Und mehr Leute anstellen oder die Prozesse beschleunigen?
Wir sind davon überzeugt, dass wir alles richtig machen. Und wir wollen ja auch nicht die Grössten sein – nur die Besten.

Wo wollen Sie wachsen?
In neuen Märkten.

Sind die Chinesen und Russen an Vispring interessiert?
Wir sind in beiden Ländern gut gestartet.

Das Stichwort Design ist bis jetzt noch nie gefallen.
Wir pflegen den klassischen englischen Stil, werden fortan aber daran arbeiten, den Fokus zu erweitern. Wir haben zwei Designer im Haus mit dem Auftrag, das Design zu verbessern, mit neuen Ideen neue Kunden anzusprechen.

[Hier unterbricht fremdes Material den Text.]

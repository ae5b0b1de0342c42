//! A writer of JSON objects in the place of lines.

use crate::connection_object::capture_object;
use hsms_frame::{Sink, give_all};
use std::alloc::{AllocError, Global};
use std::io;
use std::io::{ErrorKind, Write};

/// A writer that gets the lines of `hsms capture`, and writes the JSON object of each once it is complete.
#[derive(Drop)]
pub struct ObjectLines<'a, W> {
    alloc: Global,
    sink: &'a mut W,
    // The bytes of a line that is not complete.
    line: Vec<u8>,
    // True if an allocation failed.
    is_refused: bool,
}

impl<'a, W: Sink> ObjectLines<'a, W> {
    /// Creates a writer that got no line.
    pub fn new(alloc: Global, sink: &'a mut W) -> ObjectLines<'a, W> {
        ObjectLines {
            alloc,
            sink,
            line: Vec::new(alloc),
            is_refused: false,
        }
    }

    /// Returns true if a write failed because an allocation did.
    pub fn is_refused(&self) -> bool {
        self.is_refused
    }

    // Writes the object of each line that ends with these bytes.
    fn write_lines(&mut self, octets: &[u8]) -> Result<bool, AllocError> {
        for piece in octets.split_inclusive(is_feed) {
            self.line.extend_from_slice(piece)?;
            if piece.ends_with(b"\n") {
                if !self.write_line()? {
                    return Ok(false);
                }
            }
        }
        Ok(true)
    }

    // Writes the object of the line. Returns false if the write failed.
    fn write_line(&mut self) -> Result<bool, AllocError> {
        let line = String::from_utf8_lossy(self.alloc, &self.line)?;
        let object = capture_object(self.alloc, line.as_str().trim_end_matches('\n'))?;
        self.line.clear();
        Ok(give_all(self.sink, object.as_bytes()).is_ok())
    }
}

impl<W: Sink> Write for ObjectLines<'_, W> {
    fn write(&mut self, octets: &[u8]) -> io::Result<usize> {
        match self.write_lines(octets) {
            Ok(true) => Ok(octets.len()),
            Ok(false) => Err(io::Error::from(ErrorKind::Other)),
            Err(_) => {
                self.is_refused = true;
                Err(io::Error::from(ErrorKind::OutOfMemory))
            }
        }
    }

    // A line that is not complete stays buffered.
    fn flush(&mut self) -> io::Result<()> {
        Ok(())
    }
}

fn is_feed(octet: &u8) -> bool {
    *octet == b'\n'
}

Es gibt keine Vispring-Läden, nur Händler. Warum?
Matratzen herstellen ist eine Sache, sie zu verkaufen, eine andere. Retail ist ein kompliziertes Geschäft. Das mit den Partnern ist für uns die beste Art der Distribution.

Wie führen Sie Vispring?
Wir haben eine sehr flache Struktur, und es dreht sich hier alles um unsere Fachleute. Wir bilden sie aus, bilden sie weiter, schauen gut zu ihnen, indem wir versuchen, für sie interessant und vielfältig zu sein und in ihnen Leidenschaft zu wecken.

Mit einem Vispring-Bett?
Die meisten haben eines daheim, freilich zu Mitarbeiterpreisen. Vor zwei Jahren haben wir den Queen’s Award gewonnen, eine hohe Auszeichnung. Ich habe ihn zusammen mit dem Mitarbeiter, der am längsten hier arbeitet, im Buckingham Palace in Empfang genommen. Das war ein stolzer Moment.

Im Palast stehen sicher unzählige Vispring-Betten. Wir sind diskret, reden nicht über unsere Kundschaft. Aber Vispring-Betten im Königspalast – diese Vorstellung gefällt uns natürlich.